//! How much a log takes of each thing.

/// How many events a log takes at most.
pub const MAX_EVENTS: u32 = 65_536;

/// How many of its events are changes of mode at most. A script has no more changes of mode either.
pub const MAX_MODE_CHANGES: u32 = 1_024;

__WHAT IS NEEDED__
How many lines above contain the word "most"? Answer with the number alone.

__WRITTEN SOLUTION__
2